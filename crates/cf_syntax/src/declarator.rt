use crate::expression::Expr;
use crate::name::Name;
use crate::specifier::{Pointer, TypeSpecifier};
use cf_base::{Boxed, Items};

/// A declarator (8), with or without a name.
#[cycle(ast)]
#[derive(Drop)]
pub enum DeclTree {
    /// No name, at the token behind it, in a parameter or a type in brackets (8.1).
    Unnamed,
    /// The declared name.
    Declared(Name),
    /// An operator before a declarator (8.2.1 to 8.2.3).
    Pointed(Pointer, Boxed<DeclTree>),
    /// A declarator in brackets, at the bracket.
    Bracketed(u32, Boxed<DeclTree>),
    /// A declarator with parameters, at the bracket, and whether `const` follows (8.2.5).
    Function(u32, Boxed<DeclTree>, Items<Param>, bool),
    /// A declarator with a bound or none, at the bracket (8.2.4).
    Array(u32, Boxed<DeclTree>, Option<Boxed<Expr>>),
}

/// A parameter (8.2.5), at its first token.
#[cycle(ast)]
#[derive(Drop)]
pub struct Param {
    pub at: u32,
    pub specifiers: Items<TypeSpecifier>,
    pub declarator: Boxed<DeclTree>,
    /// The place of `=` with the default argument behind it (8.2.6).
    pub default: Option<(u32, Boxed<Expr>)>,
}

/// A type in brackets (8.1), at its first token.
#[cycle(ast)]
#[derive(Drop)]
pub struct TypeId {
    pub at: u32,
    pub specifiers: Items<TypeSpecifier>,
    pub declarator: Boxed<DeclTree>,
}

=====

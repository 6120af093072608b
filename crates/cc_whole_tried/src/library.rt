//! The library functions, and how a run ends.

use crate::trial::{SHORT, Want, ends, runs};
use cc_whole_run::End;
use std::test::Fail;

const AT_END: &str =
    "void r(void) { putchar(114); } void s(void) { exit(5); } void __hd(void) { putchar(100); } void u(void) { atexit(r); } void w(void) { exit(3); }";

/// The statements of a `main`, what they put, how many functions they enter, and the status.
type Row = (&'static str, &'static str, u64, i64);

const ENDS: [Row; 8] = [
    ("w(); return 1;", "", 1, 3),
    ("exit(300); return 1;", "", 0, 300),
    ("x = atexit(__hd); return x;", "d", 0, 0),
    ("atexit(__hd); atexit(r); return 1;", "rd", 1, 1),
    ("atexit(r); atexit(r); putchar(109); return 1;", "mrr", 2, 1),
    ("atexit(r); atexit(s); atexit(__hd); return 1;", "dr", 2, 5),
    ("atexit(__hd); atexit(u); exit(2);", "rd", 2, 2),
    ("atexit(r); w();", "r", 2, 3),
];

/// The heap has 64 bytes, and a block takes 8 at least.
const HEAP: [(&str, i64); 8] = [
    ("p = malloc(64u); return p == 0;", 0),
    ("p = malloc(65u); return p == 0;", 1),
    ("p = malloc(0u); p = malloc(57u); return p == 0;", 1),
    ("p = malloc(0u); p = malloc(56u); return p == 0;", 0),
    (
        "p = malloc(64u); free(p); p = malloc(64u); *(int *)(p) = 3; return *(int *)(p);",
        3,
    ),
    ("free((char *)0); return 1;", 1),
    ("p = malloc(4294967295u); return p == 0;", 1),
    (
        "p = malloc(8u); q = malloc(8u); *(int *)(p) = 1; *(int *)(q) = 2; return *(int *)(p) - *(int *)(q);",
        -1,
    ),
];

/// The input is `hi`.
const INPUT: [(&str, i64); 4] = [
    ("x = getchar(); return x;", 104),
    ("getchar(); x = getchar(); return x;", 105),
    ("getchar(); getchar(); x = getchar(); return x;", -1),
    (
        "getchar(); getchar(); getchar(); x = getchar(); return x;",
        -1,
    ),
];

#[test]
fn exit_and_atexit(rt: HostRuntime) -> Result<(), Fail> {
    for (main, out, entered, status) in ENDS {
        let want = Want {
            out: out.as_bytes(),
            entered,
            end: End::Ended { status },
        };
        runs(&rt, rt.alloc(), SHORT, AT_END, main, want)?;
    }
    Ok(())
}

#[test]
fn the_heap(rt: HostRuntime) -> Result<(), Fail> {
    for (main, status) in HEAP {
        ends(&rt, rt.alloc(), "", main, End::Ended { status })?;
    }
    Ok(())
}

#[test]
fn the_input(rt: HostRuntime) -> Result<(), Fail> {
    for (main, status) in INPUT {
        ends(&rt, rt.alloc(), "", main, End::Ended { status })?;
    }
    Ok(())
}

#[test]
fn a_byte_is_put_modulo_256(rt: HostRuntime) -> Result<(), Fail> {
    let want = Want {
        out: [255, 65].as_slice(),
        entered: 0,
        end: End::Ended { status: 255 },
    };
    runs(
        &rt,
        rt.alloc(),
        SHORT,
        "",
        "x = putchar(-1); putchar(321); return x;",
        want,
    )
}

=====

• **Directions**: Of all the entries above, repeat only the lines from the line that has "filename crates/cf_syntax/src/declarator.rt" to the line that has "(8.2.1 to 8.2.3).", both lines included, exactly.

• **Exercise response**:
filename crates/cf_syntax/src/declarator.rt
use crate::expression::Expr;
use crate::name::Name;
use crate::specifier::{Pointer, TypeSpecifier};
use cf_base::{Boxed, Items};

/// A declarator (8), with or without a name.
#[cycle(ast)]
#[derive(Drop)]
pub enum DeclTree {
    /// No name, at the token behind it, in a parameter or a type in brackets (8.1).
    Unnamed,
    /// The declared name.
    Declared(Name),
    /// An operator before a declarator (8.2.1 to 8.2.3).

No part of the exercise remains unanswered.